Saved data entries
//! A turn of a session.
ghost use Rattle.std.specs.Prelude.{◌≡◌, ℕ, ◌≤◌, ◌<◌, ◌+◌, ◌-◌, ◌++◌, ◌∷◌, ◌⊎◌, [], length, map, None, Some, true, false, is_some, slice_get, slice_set, IfSome};
ghost use Rattle.rdb_account.specs.Events.{event_of, Died};
ghost use Rattle.rdb_drive.specs.Boards.{Less};
ghost use Rattle.session_states.specs.declared.stage.Life.TheVariants.{Alive, Dead};
ghost use Rattle.session_states.specs.declared.stage.Member.{Member as MemberValue};
ghost use Rattle.session_states.specs.States.{may_die_in};
ghost use Rattle.lent_members.specs.line_arms.Going.{is_done};
ghost use Rattle.line_account.specs.session_stands.Sessions.{dead_in};
ghost use Rattle.lock_tree_laws.specs.Forest.{party_of};
ghost use Rattle.lock_tree_laws.specs.LockTable.{granted_at};
ghost use Rattle.lock_tree_laws.specs.Progress.{is_spare, Falls as LocksFall};
ghost use Rattle.lock_tree.specs.Sleeping.{is_sleeping};
ghost use Rattle.line_account.specs.stage_steps.Nearer.{is_patient_at};
ghost use Rattle.line_account.specs.stage_steps.Scenes.{scene};
ghost use Rattle.line_cluster.specs.Asleep.{sleeps};
ghost use Rattle.line_cluster.specs.Deaths.{faults_in, is_device, is_own, lives_in};
ghost use Rattle.line_cluster.specs.Sound.{AreWhole, IsSound, IsOneOf, MayFail, is_over_slot, is_unsound};
ghost use Rattle.lent_members.specs.Going.{IsWriterAt, is_over as is_over_at, with_life};
ghost use Rattle.line_cluster.specs.Turned.{Came, GoesOn, GrowsQuietly, Rests, Waits, sessions};
ghost use Rattle.std.specs.Vec.{vec_len, vec_capacity};

use crate::behind::{Behind, Notice, behind_of};
use crate::falls::first_dead;
use crate::going::go_on_from;
use crate::origin::Origin;
use crate::sessions::{Core, Halt, Turn};
use lent_members::{
    LentMember, Present, Whereabouts, is_over, is_patient, is_stopping, member_at, put_member,
    take_present,
};
use lent_values::Naming;
use line_account::{record, record_demotion, reserve_step, serve};
use line_store::LineStore;
use rdb_types::{Cause, Session};
use reached_changes::Reaches;
use reserved_locks::Reserves;
use std::mem::forget;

• TASK REQUIREMENTS
Every record above needs to be given again exactly.

• SOLUTION FOR THIS PROBLEM
//! A turn of a session.
ghost use Rattle.std.specs.Prelude.{◌≡◌, ℕ, ◌≤◌, ◌<◌, ◌+◌, ◌-◌, ◌++◌, ◌∷◌, ◌⊎◌, [], length, map, None, Some, true, false, is_some, slice_get, slice_set, IfSome};
ghost use Rattle.rdb_account.specs.Events.{event_of, Died};
ghost use Rattle.rdb_drive.specs.Boards.{Less};
ghost use Rattle.session_states.specs.declared.stage.Life.TheVariants.{Alive, Dead};
ghost use Rattle.session_states.specs.declared.stage.Member.{Member as MemberValue};
ghost use Rattle.session_states.specs.States.{may_die_in};
ghost use Rattle.lent_members.specs.line_arms.Going.{is_done};
ghost use Rattle.line_account.specs.session_stands.Sessions.{dead_in};
ghost use Rattle.lock_tree_laws.specs.Forest.{party_of};
ghost use Rattle.lock_tree_laws.specs.LockTable.{granted_at};
ghost use Rattle.lock_tree_laws.specs.Progress.{is_spare, Falls as LocksFall};
ghost use Rattle.lock_tree.specs.Sleeping.{is_sleeping};
ghost use Rattle.line_account.specs.stage_steps.Nearer.{is_patient_at};
ghost use Rattle.line_account.specs.stage_steps.Scenes.{scene};
ghost use Rattle.line_cluster.specs.Asleep.{sleeps};
ghost use Rattle.line_cluster.specs.Deaths.{faults_in, is_device, is_own, lives_in};
ghost use Rattle.line_cluster.specs.Sound.{AreWhole, IsSound, IsOneOf, MayFail, is_over_slot, is_unsound};
ghost use Rattle.lent_members.specs.Going.{IsWriterAt, is_over as is_over_at, with_life};
ghost use Rattle.line_cluster.specs.Turned.{Came, GoesOn, GrowsQuietly, Rests, Waits, sessions};
ghost use Rattle.std.specs.Vec.{vec_len, vec_capacity};

use crate::behind::{Behind, Notice, behind_of};
use crate::falls::first_dead;
use crate::going::go_on_from;
use crate::origin::Origin;
use crate::sessions::{Core, Halt, Turn};
use lent_members::{
    LentMember, Present, Whereabouts, is_over, is_patient, is_stopping, member_at, put_member,
    take_present,
};
use lent_values::Naming;
use line_account::{record, record_demotion, reserve_step, serve};
use line_store::LineStore;
use rdb_types::{Cause, Session};
use reached_changes::Reaches;
use reserved_locks::Reserves;
use std::mem::forget;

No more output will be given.